Nancy, whose children were aged four and nine when she began the course, said the self-directed nature of the CHIMA program was challenging. Putting in 15-20 hours a week during her lunch hours, evenings, and on weekends over the four years, she agrees with Karen that balance was really important.

I ate while studying whether it was the library, the car, my desk, whatever space I could use that was quiet enough. It was a lot, especially with the young children to try to have a work life and school balance and not let anything get neglected because if something failed, then I had to let something else fail while I got caught up with that thing.

Nancy credits her friendship with Karen as being a big part of her success.

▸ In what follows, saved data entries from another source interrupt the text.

/// `serve`, with its options.
fn make_serve<'a>(alloc: Global) -> Result<Command<'a>, AllocError>
    ensures { IfOk result (λ c. ((app_of c).top ≡ serve_shape) × IsLocal c) }
{
    make_subcommand(
        alloc,
        "serve",
        "Share objects and machines with clients",
        SERVE_HELP,
    )
    .arg(make_port(alloc))?
    .arg(make_unix(alloc))?
    .arg(make_connections(alloc))?
    .arg(make_workers(alloc))?
    .arg(make_budget(alloc))?
    .arg(make_flag(
        alloc,
        "sweep",
        "Send away objects that nobody has used for a while",
    ))?
    .arg(make_keep(alloc))?
    .arg(make_far(alloc))?
    .arg(make_far_timeout(alloc))?
    .arg(make_verbose(alloc))
}

/// `commands`.
fn make_commands<'a>(alloc: Global) -> Command<'a>
    ensures { ((app_of result).top ≡ commands_shape) × IsLocal result }
{
    make_subcommand(
        alloc,
        "commands",
        "List the commands of run, and what each takes",
        COMMANDS_HELP,
    )
}

/// The command line without its subcommands.
fn make_top<'a>(alloc: Global) -> Result<Command<'a>, AllocError>
    ensures { IfOk result (λ c. app_of c ≡ bare) }
{
    let named = Command::new(alloc, "bpfagent").bin_name("bpfagent")?;
    Ok(
        named
            .about(ABOUT)
            .after_help(TOP_HELP)
            .version(VERSION)
            .no_binary_name(true)
            .disable_help_subcommand(true)
            .subcommand_required(true),
    )
}

/// A command line with this subcommand too.
fn add<'a>(line: Command<'a>, sub: Command<'a>) -> Result<Command<'a>, AllocError>
    requires { IsLocal sub }
    ensures { IfOk result (λ c. app_of c ≡ with_subcommand (app_of line.entry) (app_of sub.entry).top) }
{
    line.subcommand(sub)
}

/// The command line of the program.
fn make_command<'a>(alloc: Global) -> Result<Command<'a>, AllocError>
    ensures { IfOk result (λ c. app_of c ≡ command_line) }
{
    let line = make_top(alloc)?;
    let line = add(line, make_run(alloc)?)?;
    let line = add(line, make_check(alloc)?)?;
    let line = add(line, make_asm(alloc)?)?;
    let line = add(line, make_dis(alloc)?)?;
    let line = add(line, make_store(alloc)?)?;
    let line = add(line, make_serve(alloc)?)?;
    let line = add(line, make_commands(alloc))?;
    Ok(line)
}

/// A type of numbers that an option may have.
trait Number: FromStr {
    ghost bits: { ℕ };

    ghost value: { Self → ℕ };

    ghost parses: { (text : List ℕ) (r : Result Self Self.Err) → Self.from_str_gives text r → ParsesAs bits value text r };
}

impl Number for u8 {
    ghost bits = { 8 };

    ghost value = { λ n. n };

    ghost parses = { λ text r gives. parses_as 8 text r gives.0 };
}

impl Number for u16 {
    ghost bits = { 16 };

    ghost value = { λ n. n };

    ghost parses = { λ text r gives. parses_as 16 text r gives.0 };
}

impl Number for u32 {
    ghost bits = { 32 };

    ghost value = { λ n. n };

    ghost parses = { λ text r gives. parses_as 32 text r gives.0 };
}

/// The number that the option of this name has.
fn read_number<'a, N: Number>(matches: &ArgMatches<'a>, name: &str) -> N
where
    N::Err: Drop,
    requires { HasNumber N.bits name.now (rows_of (found_of matches.now)) }
    ensures { number_in name.now (rows_of (found_of matches.now)) ≡ Some (N.value result) }
{
    let Some(number) = matches.get_one::<N>(name) else {
        unreachable!()
    };
    number
}

/// Whether the flag of this name is given.
fn is_set<'a>(matches: &ArgMatches<'a>, name: &str) -> bool
    ensures { result ≡ is_set name.now (rows_of (found_of matches.now)) }
{
    match matches.get_str(name) {
        Some(text) => text == "true",
        None => false,
    }
}

/// Whether a value that comes from there was given.
fn is_told(source: Option<ValueSource>) -> bool
    ensures { result ≡ is_told source }
{
    match source {
        Some(ValueSource::CommandLine) => true,
        Some(ValueSource::DefaultValue) | None => false,
    }
}

/// Whether the option of this name is among the arguments, and not only its default.
fn is_given<'a>(matches: &ArgMatches<'a>, name: &str) -> bool
    ensures { result ≡ is_given name.now (rows_of (found_of matches.now)) }
{
    is_told(matches.value_source(name))
}

/// How the matches of `dis` ask to show code.
fn read_showing<'a>(matches: &ArgMatches<'a>) -> Showing
    ensures { result ≡ showing_in (rows_of (found_of matches.now)) }
{
    Showing {
        has_slots: is_set(matches, "slots"),
        is_llvm: is_set(matches, "llvm"),
    }
}

/// How the matches of `store` ask to keep.
fn read_storing<'a>(matches: &ArgMatches<'a>) -> Storing
    requires { HasStoring (rows_of (found_of matches.now)) }
    ensures { storing_in (rows_of (found_of matches.now)) ≡ Some result }
{
    Storing {
        port: read_number(matches, "port"),
        idle: read_number(matches, "idle"),
        memory: read_number(matches, "memory"),
        verbose: is_set(matches, "verbose"),
    }
}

We were really each other’s cheerleaders when one of us was struggling. We were there to support each other because we were going through the same things, you know, both parents of young children, and both with full-time careers. When I really was down and didn’t know if I could go anymore, she encouraged and pushed and got me through it, and I’d do the same for her.

While it was a challenge for both women to achieve, they agree it was well worth the career advancement that followed.

A total of seven IMIT staff in Health Information Services at Nova Scotia Health have received CHIMA certification in the past two years. In addition to Nancy and Karen, Tara Deruelle, a Coding and Classification Specialist and Hunter Haas, who is Assistant Manager for Health Records in Western Zone, both received their CHIMA certification in 2022. Marci Strong, Assistant Manager for Admitting, Registration and Switchboard in the Western Zone, received her certification in 2023, as did Miriam Lagunas-Carbajal and Irene Vassallo, who are Coding and Classification Specialists.

CHIMA advocates for the health information profession, monitors industry trends, and provides continuing education. The theme of this year’s Health Information Professionals Week (October 16th to 20th) is Knowledge made Visible, something that Nancy, Karen, and all of the other CHIMA graduates are modelling daily.